* [Assignment]
Copy the records below verbatim, from the first line through the line containing "name is any", inclusive, and output nothing else.

* [Input for this task]

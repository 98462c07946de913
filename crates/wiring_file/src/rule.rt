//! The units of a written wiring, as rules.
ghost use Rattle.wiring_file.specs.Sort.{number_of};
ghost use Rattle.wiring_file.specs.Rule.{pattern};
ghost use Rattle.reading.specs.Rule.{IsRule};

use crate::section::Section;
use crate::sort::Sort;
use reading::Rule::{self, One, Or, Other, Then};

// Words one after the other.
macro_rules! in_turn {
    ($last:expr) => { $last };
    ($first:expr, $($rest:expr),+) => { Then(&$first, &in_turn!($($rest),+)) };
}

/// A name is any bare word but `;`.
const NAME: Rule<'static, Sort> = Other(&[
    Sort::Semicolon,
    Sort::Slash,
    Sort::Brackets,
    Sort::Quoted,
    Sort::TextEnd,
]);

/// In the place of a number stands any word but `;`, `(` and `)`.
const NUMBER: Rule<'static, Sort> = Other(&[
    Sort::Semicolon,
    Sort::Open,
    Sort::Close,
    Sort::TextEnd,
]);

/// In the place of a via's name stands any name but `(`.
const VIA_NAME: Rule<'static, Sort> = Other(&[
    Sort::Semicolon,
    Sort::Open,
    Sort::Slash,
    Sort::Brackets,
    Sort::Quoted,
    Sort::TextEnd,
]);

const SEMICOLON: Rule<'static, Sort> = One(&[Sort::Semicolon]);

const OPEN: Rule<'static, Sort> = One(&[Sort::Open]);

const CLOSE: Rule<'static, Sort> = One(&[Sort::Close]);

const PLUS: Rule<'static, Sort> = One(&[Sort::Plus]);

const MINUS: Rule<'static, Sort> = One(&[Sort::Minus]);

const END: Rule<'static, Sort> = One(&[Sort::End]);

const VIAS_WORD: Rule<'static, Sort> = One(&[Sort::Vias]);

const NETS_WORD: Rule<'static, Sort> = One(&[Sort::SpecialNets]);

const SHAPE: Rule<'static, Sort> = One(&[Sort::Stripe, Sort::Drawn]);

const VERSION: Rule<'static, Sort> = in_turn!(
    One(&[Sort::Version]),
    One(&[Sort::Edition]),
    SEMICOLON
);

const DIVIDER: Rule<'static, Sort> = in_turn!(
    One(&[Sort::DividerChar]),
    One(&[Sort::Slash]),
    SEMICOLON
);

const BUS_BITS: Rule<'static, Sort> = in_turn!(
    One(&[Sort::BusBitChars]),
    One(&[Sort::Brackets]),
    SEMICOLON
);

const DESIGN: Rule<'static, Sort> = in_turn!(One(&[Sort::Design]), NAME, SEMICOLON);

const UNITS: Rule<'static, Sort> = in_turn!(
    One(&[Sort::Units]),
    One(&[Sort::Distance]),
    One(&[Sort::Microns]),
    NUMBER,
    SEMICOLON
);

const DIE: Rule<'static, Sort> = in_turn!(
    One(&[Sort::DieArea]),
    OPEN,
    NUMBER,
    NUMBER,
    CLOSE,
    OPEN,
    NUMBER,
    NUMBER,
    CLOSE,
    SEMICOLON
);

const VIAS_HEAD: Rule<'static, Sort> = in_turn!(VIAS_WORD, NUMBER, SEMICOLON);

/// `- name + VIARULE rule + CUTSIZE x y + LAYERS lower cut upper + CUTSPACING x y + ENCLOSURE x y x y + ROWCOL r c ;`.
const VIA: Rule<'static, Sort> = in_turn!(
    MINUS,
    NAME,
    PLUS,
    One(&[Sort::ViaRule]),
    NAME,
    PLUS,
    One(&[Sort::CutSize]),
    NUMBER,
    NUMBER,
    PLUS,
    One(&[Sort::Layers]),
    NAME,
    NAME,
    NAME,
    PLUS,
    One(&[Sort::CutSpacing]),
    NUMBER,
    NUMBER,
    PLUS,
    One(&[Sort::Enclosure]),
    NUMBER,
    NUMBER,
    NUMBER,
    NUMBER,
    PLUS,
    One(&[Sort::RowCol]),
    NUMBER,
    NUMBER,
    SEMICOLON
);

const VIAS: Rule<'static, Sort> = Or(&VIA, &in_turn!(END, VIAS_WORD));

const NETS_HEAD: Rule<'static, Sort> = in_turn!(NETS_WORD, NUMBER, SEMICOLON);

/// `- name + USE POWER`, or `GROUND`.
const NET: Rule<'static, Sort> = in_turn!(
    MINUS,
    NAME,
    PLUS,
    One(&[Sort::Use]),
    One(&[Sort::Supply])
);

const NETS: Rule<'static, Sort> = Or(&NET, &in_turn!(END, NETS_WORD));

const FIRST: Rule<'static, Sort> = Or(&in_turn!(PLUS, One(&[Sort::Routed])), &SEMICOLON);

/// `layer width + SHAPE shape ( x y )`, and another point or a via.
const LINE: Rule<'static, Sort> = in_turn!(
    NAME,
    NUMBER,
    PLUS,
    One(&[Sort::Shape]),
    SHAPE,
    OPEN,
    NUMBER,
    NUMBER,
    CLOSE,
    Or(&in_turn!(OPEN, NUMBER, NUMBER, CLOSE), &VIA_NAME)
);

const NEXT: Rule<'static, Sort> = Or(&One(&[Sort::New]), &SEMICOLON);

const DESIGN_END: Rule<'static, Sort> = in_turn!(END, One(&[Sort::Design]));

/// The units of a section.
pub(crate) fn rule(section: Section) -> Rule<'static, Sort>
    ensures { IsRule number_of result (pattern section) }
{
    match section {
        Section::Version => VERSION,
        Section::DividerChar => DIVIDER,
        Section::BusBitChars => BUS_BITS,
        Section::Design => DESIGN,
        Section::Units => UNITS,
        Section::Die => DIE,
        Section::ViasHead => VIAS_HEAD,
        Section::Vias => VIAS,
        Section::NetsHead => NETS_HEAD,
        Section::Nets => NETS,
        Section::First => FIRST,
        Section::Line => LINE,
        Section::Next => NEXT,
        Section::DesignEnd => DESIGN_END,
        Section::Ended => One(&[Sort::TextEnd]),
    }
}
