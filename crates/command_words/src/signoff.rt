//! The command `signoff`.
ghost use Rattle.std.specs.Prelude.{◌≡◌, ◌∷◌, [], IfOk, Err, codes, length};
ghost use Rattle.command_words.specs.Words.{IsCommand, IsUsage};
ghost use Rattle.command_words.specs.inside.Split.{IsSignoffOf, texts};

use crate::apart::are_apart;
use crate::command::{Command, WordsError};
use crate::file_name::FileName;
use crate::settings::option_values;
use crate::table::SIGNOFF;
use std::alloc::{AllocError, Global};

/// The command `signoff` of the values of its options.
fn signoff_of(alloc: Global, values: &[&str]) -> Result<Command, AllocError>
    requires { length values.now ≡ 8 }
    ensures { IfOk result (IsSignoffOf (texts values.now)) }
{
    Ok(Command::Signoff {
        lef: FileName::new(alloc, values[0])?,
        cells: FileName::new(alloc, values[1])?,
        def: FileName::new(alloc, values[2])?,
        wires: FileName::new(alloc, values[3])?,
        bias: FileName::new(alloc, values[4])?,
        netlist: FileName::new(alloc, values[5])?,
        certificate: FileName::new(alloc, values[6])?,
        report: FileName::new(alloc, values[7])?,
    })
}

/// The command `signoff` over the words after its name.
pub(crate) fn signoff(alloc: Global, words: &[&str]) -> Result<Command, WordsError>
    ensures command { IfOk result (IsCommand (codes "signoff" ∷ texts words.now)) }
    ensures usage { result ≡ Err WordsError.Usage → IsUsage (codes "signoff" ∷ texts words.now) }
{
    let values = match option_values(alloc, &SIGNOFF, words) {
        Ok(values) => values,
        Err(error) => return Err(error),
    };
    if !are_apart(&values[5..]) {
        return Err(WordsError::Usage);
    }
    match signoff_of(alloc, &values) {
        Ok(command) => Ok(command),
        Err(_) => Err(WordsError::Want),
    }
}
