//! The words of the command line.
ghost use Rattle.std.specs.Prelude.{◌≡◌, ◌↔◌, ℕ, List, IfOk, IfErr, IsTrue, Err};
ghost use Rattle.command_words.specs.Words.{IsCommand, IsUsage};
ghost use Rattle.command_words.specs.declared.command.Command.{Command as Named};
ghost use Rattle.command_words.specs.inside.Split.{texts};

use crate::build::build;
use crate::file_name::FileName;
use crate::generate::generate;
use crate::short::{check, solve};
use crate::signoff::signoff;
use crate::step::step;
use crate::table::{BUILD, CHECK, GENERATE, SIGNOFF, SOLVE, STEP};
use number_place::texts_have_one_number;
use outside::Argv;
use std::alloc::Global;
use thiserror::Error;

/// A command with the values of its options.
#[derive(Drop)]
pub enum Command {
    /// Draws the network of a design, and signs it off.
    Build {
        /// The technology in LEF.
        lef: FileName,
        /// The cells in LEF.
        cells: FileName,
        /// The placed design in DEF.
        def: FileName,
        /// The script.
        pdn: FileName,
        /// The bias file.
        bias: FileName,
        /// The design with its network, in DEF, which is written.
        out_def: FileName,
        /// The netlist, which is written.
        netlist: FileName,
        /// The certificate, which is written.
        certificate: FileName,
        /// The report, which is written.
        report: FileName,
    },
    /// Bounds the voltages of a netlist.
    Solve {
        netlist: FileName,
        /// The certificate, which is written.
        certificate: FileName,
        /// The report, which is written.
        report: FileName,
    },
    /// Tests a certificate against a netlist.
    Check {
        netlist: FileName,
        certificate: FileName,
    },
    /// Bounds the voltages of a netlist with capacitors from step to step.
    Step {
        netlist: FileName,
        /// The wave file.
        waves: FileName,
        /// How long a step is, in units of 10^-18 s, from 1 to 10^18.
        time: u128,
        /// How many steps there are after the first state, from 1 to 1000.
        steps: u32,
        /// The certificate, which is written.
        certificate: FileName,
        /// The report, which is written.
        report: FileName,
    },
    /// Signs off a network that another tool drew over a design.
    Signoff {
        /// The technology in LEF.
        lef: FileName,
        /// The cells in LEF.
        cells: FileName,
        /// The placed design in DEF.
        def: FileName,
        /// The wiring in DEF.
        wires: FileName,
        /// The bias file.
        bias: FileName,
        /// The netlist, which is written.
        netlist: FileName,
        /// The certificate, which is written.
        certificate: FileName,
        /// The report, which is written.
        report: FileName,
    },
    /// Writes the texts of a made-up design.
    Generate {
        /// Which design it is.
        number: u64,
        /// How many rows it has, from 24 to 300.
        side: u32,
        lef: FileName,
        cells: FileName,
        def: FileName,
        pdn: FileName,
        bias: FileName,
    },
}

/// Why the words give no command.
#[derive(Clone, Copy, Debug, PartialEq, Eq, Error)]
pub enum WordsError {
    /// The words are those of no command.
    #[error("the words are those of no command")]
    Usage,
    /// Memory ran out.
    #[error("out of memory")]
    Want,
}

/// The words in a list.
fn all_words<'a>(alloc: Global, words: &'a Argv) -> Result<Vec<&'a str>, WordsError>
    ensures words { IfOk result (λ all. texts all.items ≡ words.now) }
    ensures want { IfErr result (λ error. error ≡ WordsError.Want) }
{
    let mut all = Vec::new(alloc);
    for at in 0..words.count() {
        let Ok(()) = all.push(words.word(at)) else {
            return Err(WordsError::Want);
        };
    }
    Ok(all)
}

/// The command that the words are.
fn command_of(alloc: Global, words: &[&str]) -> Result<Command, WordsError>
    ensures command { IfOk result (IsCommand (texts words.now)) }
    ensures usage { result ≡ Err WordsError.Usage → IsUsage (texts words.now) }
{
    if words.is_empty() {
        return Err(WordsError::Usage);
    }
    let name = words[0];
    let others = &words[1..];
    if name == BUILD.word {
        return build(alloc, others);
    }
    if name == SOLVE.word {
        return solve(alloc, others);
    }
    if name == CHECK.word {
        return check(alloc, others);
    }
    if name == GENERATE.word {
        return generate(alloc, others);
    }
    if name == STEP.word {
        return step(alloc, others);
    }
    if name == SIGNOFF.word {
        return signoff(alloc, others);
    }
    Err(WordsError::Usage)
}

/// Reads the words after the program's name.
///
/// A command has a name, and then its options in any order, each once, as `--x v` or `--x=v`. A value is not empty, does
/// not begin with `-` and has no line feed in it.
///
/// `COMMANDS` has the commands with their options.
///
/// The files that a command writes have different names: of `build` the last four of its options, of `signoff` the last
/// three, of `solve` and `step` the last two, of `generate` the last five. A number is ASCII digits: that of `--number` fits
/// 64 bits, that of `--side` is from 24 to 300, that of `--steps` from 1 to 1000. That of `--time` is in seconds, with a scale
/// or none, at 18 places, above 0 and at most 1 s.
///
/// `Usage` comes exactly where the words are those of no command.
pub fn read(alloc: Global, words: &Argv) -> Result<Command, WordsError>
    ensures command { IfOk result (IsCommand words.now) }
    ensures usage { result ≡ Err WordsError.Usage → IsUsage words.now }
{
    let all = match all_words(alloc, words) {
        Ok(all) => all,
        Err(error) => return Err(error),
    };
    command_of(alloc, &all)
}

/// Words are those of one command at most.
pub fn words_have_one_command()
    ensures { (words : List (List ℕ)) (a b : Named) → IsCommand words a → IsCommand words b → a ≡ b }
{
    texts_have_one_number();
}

* [Finished exercise]
repository 98462c07946de913
filename crates/wiring_file/src/rule.rt
//! The units of a written wiring, as rules.
ghost use Rattle.wiring_file.specs.Sort.{number_of};
ghost use Rattle.wiring_file.specs.Rule.{pattern};
ghost use Rattle.reading.specs.Rule.{IsRule};

use crate::section::Section;
use crate::sort::Sort;
use reading::Rule::{self, One, Or, Other, Then};

// Words one after the other.
macro_rules! in_turn {
    ($last:expr) => { $last };
    ($first:expr, $($rest:expr),+) => { Then(&$first, &in_turn!($($rest),+)) };
}

/// A name is any bare word but `;`.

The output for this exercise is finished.